> _REQUIREMENT_
The lines to copy are those in the listing below that contain the word "thread".

> _PROVIDED RECORDS_

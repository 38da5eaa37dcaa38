//! The cores of the machine.

use sb_insn::Regs;
use sb_memory::Frame;
use sb_state::EndKind;

/// What a core's processor holds: registers, the words of its walks, and where its thread is.
#[derive(Clone, Copy, Debug, PartialEq, Eq)]
pub struct CoreState {
    pub regs: Regs,
    /// The EPT pointer of the present view.
    pub eptp: u64,
    /// The root of the page tables of the thread's home, for good.
    pub cr3: u64,
    /// The frame of the thread's EPTP list, for good.
    pub list: Frame,
    /// The index of the EPT pointer in that list.
    pub view: u16,
    /// In flight, the phase of the landing that the next step does.
    pub phase: Option<u8>,
    /// How many lines the core has made, modulo 2^64.
    pub made: u64,
}

/// Where a thread stood at the VMFUNC of a call that is not decided yet.
#[derive(Clone, Copy, Debug, PartialEq, Eq)]
pub struct Origin {
    pub regs: Regs,
    pub view: u16,
}

/// A core, with its thread.
#[derive(Clone, Copy, Debug, PartialEq, Eq)]
pub struct Core {
    pub state: CoreState,
    pub end: EndKind,
    pub origin: Option<Origin>,
}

> _YOUR RESPONSE_
/// What a core's processor holds: registers, the words of its walks, and where its thread is.
    /// The root of the page tables of the thread's home, for good.
    /// The frame of the thread's EPTP list, for good.
/// Where a thread stood at the VMFUNC of a call that is not decided yet.
/// A core, with its thread.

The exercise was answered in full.